WHAT TO DO
Only the lines from the top of the material through the line containing "const PAGE_BYTES: u64" should be restated, each one exactly.
╭─ RECORDED DATA
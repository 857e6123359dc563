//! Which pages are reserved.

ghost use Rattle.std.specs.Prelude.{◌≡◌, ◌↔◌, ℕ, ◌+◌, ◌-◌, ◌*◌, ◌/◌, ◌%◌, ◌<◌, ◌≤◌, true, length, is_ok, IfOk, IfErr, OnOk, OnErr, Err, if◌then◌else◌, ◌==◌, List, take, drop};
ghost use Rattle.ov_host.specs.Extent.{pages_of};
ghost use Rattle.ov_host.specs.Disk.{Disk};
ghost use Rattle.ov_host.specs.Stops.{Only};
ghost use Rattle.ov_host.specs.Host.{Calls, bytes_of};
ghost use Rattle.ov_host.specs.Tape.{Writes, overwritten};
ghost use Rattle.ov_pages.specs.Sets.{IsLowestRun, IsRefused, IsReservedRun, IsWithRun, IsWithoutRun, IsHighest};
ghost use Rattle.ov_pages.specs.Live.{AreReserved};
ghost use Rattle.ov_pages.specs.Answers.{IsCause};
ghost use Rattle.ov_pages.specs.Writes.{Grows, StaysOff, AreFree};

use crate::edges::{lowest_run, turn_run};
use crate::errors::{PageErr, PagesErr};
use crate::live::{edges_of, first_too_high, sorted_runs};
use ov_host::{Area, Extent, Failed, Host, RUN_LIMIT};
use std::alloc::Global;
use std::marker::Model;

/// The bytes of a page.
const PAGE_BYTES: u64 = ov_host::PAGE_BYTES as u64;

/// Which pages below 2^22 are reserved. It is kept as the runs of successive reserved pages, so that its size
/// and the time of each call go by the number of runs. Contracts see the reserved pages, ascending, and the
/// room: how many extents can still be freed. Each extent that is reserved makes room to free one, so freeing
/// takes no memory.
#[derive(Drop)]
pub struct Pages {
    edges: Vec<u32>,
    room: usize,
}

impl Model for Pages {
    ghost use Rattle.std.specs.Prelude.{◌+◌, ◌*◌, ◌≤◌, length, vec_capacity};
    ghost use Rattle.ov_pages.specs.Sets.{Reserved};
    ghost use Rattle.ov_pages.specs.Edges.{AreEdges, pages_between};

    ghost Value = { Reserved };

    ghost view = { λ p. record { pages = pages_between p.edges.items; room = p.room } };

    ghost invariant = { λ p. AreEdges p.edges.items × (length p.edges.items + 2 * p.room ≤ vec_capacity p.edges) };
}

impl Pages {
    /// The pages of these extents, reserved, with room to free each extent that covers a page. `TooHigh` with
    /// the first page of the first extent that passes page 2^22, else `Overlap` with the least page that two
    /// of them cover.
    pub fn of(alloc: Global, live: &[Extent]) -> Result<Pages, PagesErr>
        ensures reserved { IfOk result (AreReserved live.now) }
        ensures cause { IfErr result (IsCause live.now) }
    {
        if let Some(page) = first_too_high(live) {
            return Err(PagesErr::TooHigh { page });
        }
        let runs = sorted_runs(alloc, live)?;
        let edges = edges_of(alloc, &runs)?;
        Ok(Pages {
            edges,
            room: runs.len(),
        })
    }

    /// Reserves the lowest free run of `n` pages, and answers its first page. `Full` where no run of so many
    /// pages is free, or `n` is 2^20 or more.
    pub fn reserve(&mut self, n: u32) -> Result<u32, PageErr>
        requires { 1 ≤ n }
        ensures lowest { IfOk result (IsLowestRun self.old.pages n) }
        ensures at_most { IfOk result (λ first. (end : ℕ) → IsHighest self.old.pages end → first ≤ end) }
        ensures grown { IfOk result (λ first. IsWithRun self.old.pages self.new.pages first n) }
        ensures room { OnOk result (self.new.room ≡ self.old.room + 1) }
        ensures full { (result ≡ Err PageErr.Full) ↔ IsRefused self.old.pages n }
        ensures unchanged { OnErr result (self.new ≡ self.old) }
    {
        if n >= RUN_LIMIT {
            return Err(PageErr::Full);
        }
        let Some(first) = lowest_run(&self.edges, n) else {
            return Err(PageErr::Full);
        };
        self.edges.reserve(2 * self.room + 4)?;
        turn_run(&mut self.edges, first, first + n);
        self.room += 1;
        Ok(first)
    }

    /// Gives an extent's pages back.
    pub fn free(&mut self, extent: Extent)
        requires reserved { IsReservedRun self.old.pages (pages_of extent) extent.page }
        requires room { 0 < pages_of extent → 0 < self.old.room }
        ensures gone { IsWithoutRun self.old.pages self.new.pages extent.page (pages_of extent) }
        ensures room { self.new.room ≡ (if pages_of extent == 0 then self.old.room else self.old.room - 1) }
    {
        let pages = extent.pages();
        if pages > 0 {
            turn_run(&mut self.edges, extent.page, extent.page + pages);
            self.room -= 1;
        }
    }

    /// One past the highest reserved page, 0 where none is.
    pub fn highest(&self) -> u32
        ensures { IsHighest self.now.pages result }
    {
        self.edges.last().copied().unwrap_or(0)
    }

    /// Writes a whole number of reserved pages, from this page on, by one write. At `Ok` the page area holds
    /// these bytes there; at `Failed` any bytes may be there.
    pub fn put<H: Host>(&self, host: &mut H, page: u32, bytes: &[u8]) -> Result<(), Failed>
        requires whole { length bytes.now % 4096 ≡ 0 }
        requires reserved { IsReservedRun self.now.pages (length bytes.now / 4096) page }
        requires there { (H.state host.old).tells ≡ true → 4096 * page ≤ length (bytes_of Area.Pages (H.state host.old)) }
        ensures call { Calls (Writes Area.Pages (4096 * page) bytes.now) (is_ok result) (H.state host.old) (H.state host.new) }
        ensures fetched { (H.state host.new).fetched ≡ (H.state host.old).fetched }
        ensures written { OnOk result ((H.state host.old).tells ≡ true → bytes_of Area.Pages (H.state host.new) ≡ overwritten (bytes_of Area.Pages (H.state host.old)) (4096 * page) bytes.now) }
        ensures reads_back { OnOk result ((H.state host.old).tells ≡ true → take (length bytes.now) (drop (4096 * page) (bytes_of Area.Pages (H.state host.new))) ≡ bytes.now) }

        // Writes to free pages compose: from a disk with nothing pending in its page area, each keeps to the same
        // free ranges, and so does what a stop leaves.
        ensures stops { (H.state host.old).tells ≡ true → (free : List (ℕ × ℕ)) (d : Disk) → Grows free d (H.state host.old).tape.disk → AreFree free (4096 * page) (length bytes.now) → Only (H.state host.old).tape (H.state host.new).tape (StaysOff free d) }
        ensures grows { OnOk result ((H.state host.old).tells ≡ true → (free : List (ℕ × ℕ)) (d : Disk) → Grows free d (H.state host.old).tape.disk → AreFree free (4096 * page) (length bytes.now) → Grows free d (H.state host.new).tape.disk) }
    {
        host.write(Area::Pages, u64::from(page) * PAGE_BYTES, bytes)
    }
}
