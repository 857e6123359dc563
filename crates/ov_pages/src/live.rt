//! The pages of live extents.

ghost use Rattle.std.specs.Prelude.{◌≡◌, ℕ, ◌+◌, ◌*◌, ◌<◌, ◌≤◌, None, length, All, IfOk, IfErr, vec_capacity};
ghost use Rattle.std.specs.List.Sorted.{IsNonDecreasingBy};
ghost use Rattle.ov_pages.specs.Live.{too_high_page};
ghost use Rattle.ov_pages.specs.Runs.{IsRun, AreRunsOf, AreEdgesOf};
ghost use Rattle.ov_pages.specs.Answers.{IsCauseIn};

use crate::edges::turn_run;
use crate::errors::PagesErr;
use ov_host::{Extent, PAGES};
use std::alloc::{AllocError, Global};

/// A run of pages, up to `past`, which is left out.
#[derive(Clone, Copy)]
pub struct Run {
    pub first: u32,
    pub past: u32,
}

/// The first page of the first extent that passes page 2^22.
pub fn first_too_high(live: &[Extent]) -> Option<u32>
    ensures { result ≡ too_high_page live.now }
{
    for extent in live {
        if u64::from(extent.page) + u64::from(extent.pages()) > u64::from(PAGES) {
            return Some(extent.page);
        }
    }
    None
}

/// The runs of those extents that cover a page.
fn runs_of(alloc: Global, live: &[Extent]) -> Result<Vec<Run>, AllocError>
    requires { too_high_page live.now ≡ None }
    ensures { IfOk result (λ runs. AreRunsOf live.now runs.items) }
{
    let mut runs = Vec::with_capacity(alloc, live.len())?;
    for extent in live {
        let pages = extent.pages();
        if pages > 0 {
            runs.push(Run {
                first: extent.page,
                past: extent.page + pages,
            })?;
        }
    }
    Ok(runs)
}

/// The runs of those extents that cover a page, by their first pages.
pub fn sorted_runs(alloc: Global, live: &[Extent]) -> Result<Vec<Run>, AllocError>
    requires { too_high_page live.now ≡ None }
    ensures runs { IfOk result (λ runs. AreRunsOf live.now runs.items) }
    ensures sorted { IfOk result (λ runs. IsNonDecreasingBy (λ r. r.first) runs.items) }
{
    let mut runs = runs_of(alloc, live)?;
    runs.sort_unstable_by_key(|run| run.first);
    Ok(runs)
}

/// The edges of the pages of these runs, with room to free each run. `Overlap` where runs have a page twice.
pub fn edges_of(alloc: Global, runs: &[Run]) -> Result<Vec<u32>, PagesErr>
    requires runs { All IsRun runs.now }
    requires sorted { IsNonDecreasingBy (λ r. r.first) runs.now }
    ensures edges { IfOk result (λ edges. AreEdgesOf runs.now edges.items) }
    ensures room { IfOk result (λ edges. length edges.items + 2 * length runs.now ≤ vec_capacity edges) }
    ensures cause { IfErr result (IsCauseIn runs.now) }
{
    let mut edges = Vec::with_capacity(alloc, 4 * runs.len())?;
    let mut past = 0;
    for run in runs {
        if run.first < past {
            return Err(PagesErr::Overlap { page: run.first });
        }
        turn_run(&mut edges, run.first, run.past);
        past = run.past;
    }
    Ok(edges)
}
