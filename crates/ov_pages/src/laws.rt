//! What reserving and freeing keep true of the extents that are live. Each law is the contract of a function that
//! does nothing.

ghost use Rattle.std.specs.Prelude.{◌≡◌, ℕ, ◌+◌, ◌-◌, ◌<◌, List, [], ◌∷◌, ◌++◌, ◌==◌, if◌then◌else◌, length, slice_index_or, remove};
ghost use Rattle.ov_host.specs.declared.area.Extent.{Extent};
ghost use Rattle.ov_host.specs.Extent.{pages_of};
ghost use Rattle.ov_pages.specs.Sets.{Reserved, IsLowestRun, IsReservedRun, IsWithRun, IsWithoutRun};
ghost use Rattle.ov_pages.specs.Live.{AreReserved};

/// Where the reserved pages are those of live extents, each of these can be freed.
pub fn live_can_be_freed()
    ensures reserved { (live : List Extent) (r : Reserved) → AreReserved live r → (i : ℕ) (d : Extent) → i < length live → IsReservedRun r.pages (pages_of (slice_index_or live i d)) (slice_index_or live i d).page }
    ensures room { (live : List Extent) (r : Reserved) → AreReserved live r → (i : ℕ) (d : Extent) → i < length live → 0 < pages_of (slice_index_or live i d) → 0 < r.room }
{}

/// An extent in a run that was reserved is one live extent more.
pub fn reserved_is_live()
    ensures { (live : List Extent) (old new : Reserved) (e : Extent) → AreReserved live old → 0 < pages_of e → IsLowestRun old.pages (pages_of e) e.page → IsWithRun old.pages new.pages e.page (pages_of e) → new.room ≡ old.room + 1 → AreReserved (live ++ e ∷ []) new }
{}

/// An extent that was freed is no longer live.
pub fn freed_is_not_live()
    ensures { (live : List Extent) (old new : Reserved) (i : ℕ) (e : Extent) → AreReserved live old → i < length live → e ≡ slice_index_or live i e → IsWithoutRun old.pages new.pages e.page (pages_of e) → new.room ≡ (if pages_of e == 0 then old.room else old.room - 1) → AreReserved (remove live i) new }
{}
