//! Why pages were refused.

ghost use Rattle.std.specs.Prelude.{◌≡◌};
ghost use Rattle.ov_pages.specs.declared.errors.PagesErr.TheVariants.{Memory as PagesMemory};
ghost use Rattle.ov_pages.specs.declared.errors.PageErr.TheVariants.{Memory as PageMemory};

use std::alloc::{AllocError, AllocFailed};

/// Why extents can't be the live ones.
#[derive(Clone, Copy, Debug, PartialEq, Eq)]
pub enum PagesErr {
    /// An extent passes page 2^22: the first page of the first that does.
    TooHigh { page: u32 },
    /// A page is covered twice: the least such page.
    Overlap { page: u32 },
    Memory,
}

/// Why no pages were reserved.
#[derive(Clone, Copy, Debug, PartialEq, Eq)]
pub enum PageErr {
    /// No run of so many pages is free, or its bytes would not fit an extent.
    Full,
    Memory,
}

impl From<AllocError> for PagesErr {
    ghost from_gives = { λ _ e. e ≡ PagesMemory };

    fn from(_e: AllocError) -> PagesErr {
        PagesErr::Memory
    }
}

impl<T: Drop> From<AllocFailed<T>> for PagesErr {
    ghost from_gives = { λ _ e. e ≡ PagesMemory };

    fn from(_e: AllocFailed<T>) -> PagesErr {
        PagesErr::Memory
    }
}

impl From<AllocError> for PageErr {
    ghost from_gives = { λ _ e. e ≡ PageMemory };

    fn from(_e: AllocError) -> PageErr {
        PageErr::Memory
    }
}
╰─
ANSWER AREA
repository 857e6123359dc563
//! Which pages are reserved.

ghost use Rattle.std.specs.Prelude.{◌≡◌, ◌↔◌, ℕ, ◌+◌, ◌-◌, ◌*◌, ◌/◌, ◌%◌, ◌<◌, ◌≤◌, true, length, is_ok, IfOk, IfErr, OnOk, OnErr, Err, if◌then◌else◌, ◌==◌, List, take, drop};
ghost use Rattle.ov_host.specs.Extent.{pages_of};
ghost use Rattle.ov_host.specs.Disk.{Disk};
ghost use Rattle.ov_host.specs.Stops.{Only};
ghost use Rattle.ov_host.specs.Host.{Calls, bytes_of};
ghost use Rattle.ov_host.specs.Tape.{Writes, overwritten};
ghost use Rattle.ov_pages.specs.Sets.{IsLowestRun, IsRefused, IsReservedRun, IsWithRun, IsWithoutRun, IsHighest};
ghost use Rattle.ov_pages.specs.Live.{AreReserved};
ghost use Rattle.ov_pages.specs.Answers.{IsCause};
ghost use Rattle.ov_pages.specs.Writes.{Grows, StaysOff, AreFree};

use crate::edges::{lowest_run, turn_run};
use crate::errors::{PageErr, PagesErr};
use crate::live::{edges_of, first_too_high, sorted_runs};
use ov_host::{Area, Extent, Failed, Host, RUN_LIMIT};
use std::alloc::Global;
use std::marker::Model;

/// The bytes of a page.
const PAGE_BYTES: u64 = ov_host::PAGE_BYTES as u64;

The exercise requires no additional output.